Calcium sensitivity of vertebrate skeletal muscle myosin

Abstract

The Ca sensitivity of vertebrate skeletal muscle myosin was investigated. ATPase activity was assayed in a reconstituted system composed of either purified rabbit myosin plus actin or myosin plus actin, tropomyosin and troponin. The Ca sensitivity of actomyosin Mg-ATPase activity was directly affected by the ionic strength of the assay medium.
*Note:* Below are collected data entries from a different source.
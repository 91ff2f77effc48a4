//! The state of the agreement at one height, and how it starts.
ghost use Rattle.std.specs.Prelude.{◌≡◌, None, IfOk, replicate};

use ledger_model::{Ack, Batch, Config, Height, ReplicaId};
use lock_proofs::LockTable;
use proper_sets::Proper;
use std::alloc::{AllocError, Global};
use std::marker::Model;
use tally::{PhaseReports, Tally};

/// The agreement at one height, as one replica sees it. Contracts see an `InstanceView`.
pub struct Instance {
    pub(crate) config: Config,
    pub(crate) id: ReplicaId,
    pub(crate) height: Height,
    pub(crate) proper: Proper,
    pub(crate) locks: LockTable,
    pub(crate) reports: PhaseReports,
    pub(crate) acks: Tally<Ack>,
    /// The value of the lock that was taken in the open phase.
    pub(crate) taken: Option<Batch>,
    /// The value of the lock that was made in the open phase.
    pub(crate) made: Option<Batch>,
    pub(crate) decided: Option<Batch>,
}

// An own `Drop` keeps proofs short: an owner drops it by one call. See docs/WORKING.md.
impl Drop for Instance {
    fn drop(self) {
        let Instance {
            config: _config,
            id: _id,
            height: _height,
            proper: _proper,
            locks: _locks,
            reports: _reports,
            acks: _acks,
            taken: _taken,
            made: _made,
            decided: _decided,
        } = self;
    }
}

impl Model for Instance {
    ghost use Rattle.std.specs.Prelude.{◌≡◌, ◌<◌, length};
    ghost use Rattle.instance.specs.Instances.{InstanceView};
    ghost use Rattle.instance.specs.Matching.{IsSpelled};

    ghost Value = { InstanceView };

    ghost view = { λ i. record {
      config = i.config;
      id = i.id;
      height = i.height;
      proper = i.proper.set;
      table = i.locks;
      reports = i.reports;
      acks = i.acks;
      taken = i.taken;
      made = i.made;
      decided = i.decided;
    } };

    ghost invariant = { λ i. (i.proper.config ≡ i.config) × (i.id < i.config.replicas)
        × (length i.reports ≡ i.config.replicas) × (length i.acks ≡ i.config.replicas)
        × IsSpelled (record {
          config = i.config;
          id = i.id;
          height = i.height;
          proper = i.proper.set;
          table = i.locks;
          reports = i.reports;
          acks = i.acks;
          taken = i.taken;
          made = i.made;
          decided = i.decided;
        }) };
}

impl Instance {
    ghost use Rattle.std.specs.Prelude.{◌≡◌, ◌<◌, ◌≤◌, ◌++◌, ◌∷◌, ℕ, List, [], IfOk, true, false, if◌then◌else◌};
    ghost use Rattle.std.specs.Int.{bit_at};
    ghost use Rattle.std.specs.Option.{option_copied, option_map_or};
    ghost use Rattle.tally.specs.Masks.{mask_of};
    ghost use Rattle.tally.specs.Tallies.{read_of};
    ghost use Rattle.ledger_model.specs.Notes.{Note, Proposed};
    ghost use Rattle.ledger_model.specs.Locks.{decided_of, finds};
    ghost use Rattle.ledger_model.specs.Values.{IsValueIn};
    ghost use Rattle.ledger_model.specs.Rules.{Ring};
    ghost use Rattle.ledger_model.specs.Limits.{max_height};
    ghost use Rattle.instance.specs.Matching.{MatchesLog, only_rounds};
    ghost use Rattle.instance.specs.Reads.{opened_row};

    /// A height that replica `id` opens with its own initial value, in any round. The value is one that a statement of the
    /// cluster's version can contain.
    pub fn open(
        alloc: Global,
        config: &Config,
        id: ReplicaId,
        height: Height,
        initial: &Batch,
    ) -> Result<Self, AllocError>
        requires member { id < config.now.replicas }
        requires height { (1 ≤ height) × (height ≤ max_height) }
        requires initial { IsValueIn config.now.frames initial.now }
        ensures row { IfOk result (λ row. row ≡ opened_row config.now id height initial.now) }
        // It matches every log of opened rounds that ends with this proposal.
        ensures matches { IfOk result (λ row. (ring : Ring) (log : List Note) → only_rounds log ≡ true
            → MatchesLog ring row (log ++ Proposed initial.now ∷ [])) }
    {
        let locks = LockTable::new(alloc)?;
        let (reports, acks) = empty_places(alloc, config)?;
        let proper = Proper::new(alloc, config, initial)?;
        Ok(Instance {
            config: *config,
            id,
            height,
            proper,
            locks,
            reports,
            acks,
            taken: None,
            made: None,
            decided: None,
        })
    }

    /// The height.
    pub fn height(&self) -> Height
        ensures { result ≡ self.now.height }
    {
        self.height
    }

    /// The replicas whose reports, read in the open phase, find the value, as a mask: bit r is one exactly where that of replica
    /// r does. Allocates nothing.
    pub fn finds(&self, value: &Batch) -> u16
        ensures mask { result ≡ mask_of (λ s. finds s.report value.now) self.now.reports }
        ensures bits { (r : ℕ) → bit_at result r
            ≡ (if option_map_or (λ s. finds s.report value.now) (read_of self.now.reports r) false then 1 else 0) }
    {
        self.reports.finds(value)
    }

    /// The value that was decided, if one was. A decision never changes.
    pub fn decided(&self) -> Option<&Batch>
        ensures row { option_copied result ≡ self.now.decided }
        ensures decided { (ring : Ring) (log : List Note) → MatchesLog ring self.now log
            → option_copied result ≡ decided_of self.now.config log }
    {
        self.decided.as_ref()
    }
}

/// Places for the reports and the acknowledgements of a phase, before the first is read.
fn empty_places(alloc: Global, config: &Config) -> Result<(PhaseReports, Tally<Ack>), AllocError>
    ensures reports { IfOk result (λ places. places.0 ≡ replicate config.now.replicas None) }
    ensures acks { IfOk result (λ places. places.1 ≡ replicate config.now.replicas None) }
{
    Ok((
        PhaseReports::new(alloc, config)?,
        Tally::new(alloc, config)?,
    ))
}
Actomyosin assayed at approximate physiological ionic strength (120 mM KCl) demonstrated Ca sensitivity which varied between 6 and 52%, depending on the myosin preparation and the age of the myosin. Mg-ATPase activity was increased when Ca was present in the assay medium at physiological ionic strength. Conversely, actomyosin Mg-ATPase activity assayed at a lower ionic strength (15 mM KCl) was inibited by addition of Ca. Addition of tropomyosin and troponin to the assay increased the Ca sensitivity of the system at the physiological ionic strength still further (up to 99% Ca sensitivity) and conferred Ca sensitivity on the system at the lower ionic strength (> 90% Ca sensitivity). A correlation also existed between myosin''s Ca sensitivity and the phosphorylated state of L chain 2.